# Work required:
Quote exactly, and only, the lines of the material below from the line with "use std::alloc::Global;" through the line with "match read_all(alloc, source, MOST_INPUT_BYTES)".
--- START ---
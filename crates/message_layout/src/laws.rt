//! Laws of the layout.
ghost use Rattle.std.specs.Prelude.{◌≡◌, ℤ, List, Some, None, false};
ghost use Rattle.change_layout.specs.tal_tree.specs.declared.site.Site.{Site};
ghost use Rattle.message_layout.specs.Layout.{words_of, Fits, IsWithin};
ghost use Rattle.message_layout.specs.Messages.{NodeMessage, is_known};
ghost use Rattle.message_layout.specs.Reading.{node_message_in, understood};

/// A message that keeps to the layout is read back from its words.
pub fn written_words_are_read()
    ensures { (message : NodeMessage) → IsWithin message → node_message_in (words_of message) ≡ Some message }
{}

/// What is read from words has these words, and keeps to the layout. So words that no message has tell none.
pub fn what_is_read_was_written()
    ensures { (words : List ℤ) (message : NodeMessage) → node_message_in words ≡ Some message
        → (words_of message ≡ words) × IsWithin message }
{}

/// Two messages with the same words are the same.
pub fn words_tell_messages_apart()
    ensures { (one : NodeMessage) (other : NodeMessage) → IsWithin one → IsWithin other → words_of one ≡ words_of other
        → one ≡ other }
{}

/// A site takes the words of a message for that message where it has all that the message names, and drops it
/// otherwise. What it takes words for is known to it.
pub fn a_site_drops_what_it_has_not()
    ensures known { (site : Site) (message : NodeMessage) → Fits site message
        → understood site (words_of message) ≡ Some message }
    ensures dropped { (site : Site) (message : NodeMessage) → IsWithin message → is_known site message ≡ false
        → understood site (words_of message) ≡ None }
    ensures only { (site : Site) (words : List ℤ) (message : NodeMessage) → understood site words ≡ Some message
        → (words_of message ≡ words) × Fits site message }
{}
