//! The top call: the words of a command line, a source and a sink in, the number out with which the program ends.
//!
//! Below stand `command_dues`, whose definitions say what is due and how a command ends, `command_words`,
//! `deck_reader`, `load_deck`, `verdicts`, `packet_runs`, `schedule_sweeps`, `shown_sectors`, `run_table`,
//! `site_advice`, `report_judge`, `trace_print` and `gd_io`, and `accepted_decks` with the laws of what is run.
//! `command` decides first: it reads, runs and takes all memory that is needed; only then it writes. The program
//! `guardian` is the one call of `exit_number`, whose contract is that of `command` and the number of its status.
#![tactic(auto)]

mod decide;
pub mod entry;
mod mirrors;
mod sweep;
mod verified;

pub use entry::{command, exit_number};
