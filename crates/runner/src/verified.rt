//! What is due of a deck and the report that follows it.
ghost use Rattle.std.specs.Prelude.{◌≢◌, ◌<◌, ◌≤◌, length};
ghost use Rattle.std.specs.Io.KnownBytes.{IsAtEnd};
ghost use Rattle.command_dues.specs.plain_machine.specs.Standing.{IsPlayable};
ghost use Rattle.command_dues.specs.Decided.{IsDueOfVerify, IsOfWholeDeck, IsSpelt};
ghost use Rattle.command_dues.specs.Verified.{IsDueOfInput, IsDueOfJudged, IsDueOfReport};
ghost use Rattle.command_dues.specs.Written.{CanBeWritten};
ghost use Rattle.gd_words.specs.declared.limits.TheConstants.{MOST_INPUT_BYTES};

use crate::decide::due_of_fault;
use accepted_decks::an_accepted_deck_meets_the_premises;
use command_dues::{Deck, Due, RefusedSite, VerifyFault, deck_end, read_deck, verify};
use gd_io::{Source, SourceFault, read_all};
use gd_words::limits::MOST_INPUT_BYTES;
use std::alloc::Global;
use tal_tree::{DeckFault, Site};
use verdicts::first_refused;

/// Judges a report by the deck before it.
pub(crate) fn due_of_verify<S: Source>(alloc: Global, source: &mut S) -> Due
    ensures due { IsDueOfVerify (S.left source.old) (S.faults source.old) (S.faults source.new) result }
    ensures written { CanBeWritten result }
    ensures unfailing { S.sure source.old → result ≢ Due.ReadFault }
    ensures read_whole { IsOfWholeDeck result → IsAtEnd (S.left source.new) }
{
    match read_all(alloc, source, MOST_INPUT_BYTES) {
        Ok(bytes) => due_of_input(alloc, bytes.as_slice()),
        Err(SourceFault::Failed) => Due::ReadFault,
        Err(SourceFault::TooLong) => Due::DeckRefused(DeckFault::TooLong),
        Err(SourceFault::NoMemory(memory)) => Due::NoMemory(memory),
    }
}

fn due_of_input(alloc: Global, bytes: &[u8]) -> Due
    requires { length bytes.now ≤ MOST_INPUT_BYTES }
    ensures due { IsDueOfInput bytes.now result }
    ensures written { CanBeWritten result }
{
    let (text, report) = bytes.split_at(deck_end(bytes));
    match read_deck(alloc, text) {
        Ok(deck) => due_of_judged(alloc, deck, report),
        Err(fault) => due_of_fault(fault),
    }
}

fn due_of_judged(alloc: Global, deck: Deck, report: &[u8]) -> Due
    requires spelt { IsSpelt deck }
    requires short { length report.now < 4294967295 }
    ensures due { IsDueOfJudged deck report.now result }
    ensures written { CanBeWritten result }
{
    an_accepted_deck_meets_the_premises();
    match first_refused(alloc, deck.site.processes.as_slice()) {
        Err(memory) => Due::NoMemory(memory),
        Ok(None) => due_of_report(alloc, &deck.site, report),
        Ok(Some(found)) => {
            let Deck { site, lines: _ } = deck;
            Due::ProgramRefused(RefusedSite { site, found })
        }
    }
}

fn due_of_report(alloc: Global, site: &Site, report: &[u8]) -> Due
    requires playable { IsPlayable site.now }
    requires short { length report.now < 4294967295 }
    ensures due { IsDueOfReport site.now report.now result }
    ensures written { CanBeWritten result }
{
    match verify(alloc, site, report) {
        Ok(acts) => Due::Verified(acts),
        Err(VerifyFault::Rejected { line, why }) => Due::Rejected { line, why },
        Err(VerifyFault::NoMemory(memory)) => Due::NoMemory(memory),
    }
}
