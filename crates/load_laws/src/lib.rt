//! The text of the load deck is a deck whose programs are accepted: which one, `specs/LoadDeck.antt` says.
//!
//! Below stand `load_deck` with the text, `deck_reader` and `tal_reader`, whose definitions say what a text spells,
//! `verdicts`, which says what accepted programs are, and `accepted_sites` with the lemmas on programs whose stands can
//! be listed. The layer above uses `the_load_text_is_a_deck`. No code runs here.
#![tactic(auto)]

pub mod laws;

pub use laws::the_load_text_is_a_deck;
--- END ---
# Solution to this task:
use std::alloc::Global;
use tal_tree::{DeckFault, Site};
use verdicts::first_refused;

/// Judges a report by the deck before it.
pub(crate) fn due_of_verify<S: Source>(alloc: Global, source: &mut S) -> Due
    ensures due { IsDueOfVerify (S.left source.old) (S.faults source.old) (S.faults source.new) result }
    ensures written { CanBeWritten result }
    ensures unfailing { S.sure source.old → result ≢ Due.ReadFault }
    ensures read_whole { IsOfWholeDeck result → IsAtEnd (S.left source.new) }
{
    match read_all(alloc, source, MOST_INPUT_BYTES) {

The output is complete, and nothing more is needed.